Dataset records START

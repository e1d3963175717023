//! Lines of objects by name, without regions and addresses.
ghost use Rattle.std.specs.Prelude.{◌≡◌, ◌<◌, ◌↔◌, ◌-◌, ◌^◌, ℕ, List, Option, None, Some, [], ◌∷◌, ◌++◌, true, false, IsUtf8, length, map, codes, All, IsTrue, IfErr, IfOk, IfSome, OnOk, MatchOption, MatchResult};
ghost use Rattle.g1_words.specs.Geometry.{Geometry as GeometryOf};
ghost use Rattle.g1_image.specs.Image.{IsImageTextWithin};
ghost use Rattle.g1_text.specs.Reading.{words_in, says_something, parts_of, lines_in, AreGraphLines};
ghost use Rattle.g1_text.specs.Forms.{GraphHeading, GraphLine, NamedRootLine, NamedObjectLine, HasMeaning, HasSize, IsTarget, IsName, IsDataWord, Sizes, Maybe, Single, Word, ◌▸◌, Many, Holding, HasFront};
ghost use Rattle.g1_image.specs.Text.{file_text};
ghost use Rattle.g1_text.specs.Content.{file_with};
ghost use Rattle.g1_text.specs.Drafts.{content, is_begun, IsTaken, AreTaken};
ghost use Rattle.g1_text.specs.Graphs.{NamedGraph, SaysGraph, SaysSizes, SaysNamed, SayNamed, AddsRoot, AddsObject, FitsHeap, AreWithinBounds, IsTargetName, words_of, most_words_of, target_word, empty_graph};
ghost use Rattle.g1_text.specs.ByName.{HasRead, IsRead, AreSizes, Fills, read_holder, holder_of, holders_from};
ghost use Rattle.g1_text.specs.Carried.{HoldsGraph, CarryGraph, reference_for, word_for, stale_at};
ghost use Rattle.g1_text.specs.Filled.{AreLocated, IsNoted};
ghost use Rattle.g1_text.specs.Laid.{ArePlaced};
ghost use Rattle.std.specs.Option.{option_copied};
ghost use Rattle.g1_text.specs.Refused.{IsLineOrMemory, IsOther, IsOtherRefusal};
ghost use Rattle.g1_text.specs.Overfull.{RefusesOverfull, FitsSoFar};

use crate::covering::cover;
use crate::draft::{Draft, Heading};
use crate::expected::{Expected, Refusal, Wrong};
use crate::filling::{Stale, fill_objects, fill_roots, name_objects};
use crate::packing::{check_bytes, pack};
use crate::placing::{Entry, Places, choose_sizes, place, regions_needed};
use crate::reading::{HeapSizes, first_line, given_words, sizes, within_limits};
use crate::values::data_word;
use crate::words::{Words, cut_words, size_and_slots};
use g1_words::{Fault, Geometry, Limits, MOST_ROOTS};
use indexmap::IndexSet;
use memchr::memchr_iter;
use std::alloc::{AllocError, Global};
use std::collections::HashMap;
use std::str;

/// A heap whose objects have names: the text of its image, and what that doesn't say.
#[derive(Drop)]
pub struct Graph<'a> {
    /// The text of an image in which each name that no object has is null.
    pub text: Vec<u8>,
    /// The address and the name of each object, rising.
    pub names: Vec<(u64, &'a str)>,
    /// The number of each root whose line says what holds it, rising, and what that is called.
    pub root_names: Vec<(u64, &'a str)>,
    /// The texts among the data words, with their quotes, by the words that stand for them.
    pub texts: HashMap<u64, &'a str>,
    /// The number of each root with a name that no object has, rising, and the name.
    pub stale_roots: Vec<(u64, &'a str)>,
    /// The address of each slot with a name that no object has, rising, and the name.
    pub stale_slots: Vec<(u64, &'a str)>,
    /// The first line with such a name, and what is expected there.
    pub first_stale: Option<(u64, Expected)>,
}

Dataset records END

Aim of the task: Return solely the count of lines in the data above in which the word "rising" occurs.

Solved exercise: 4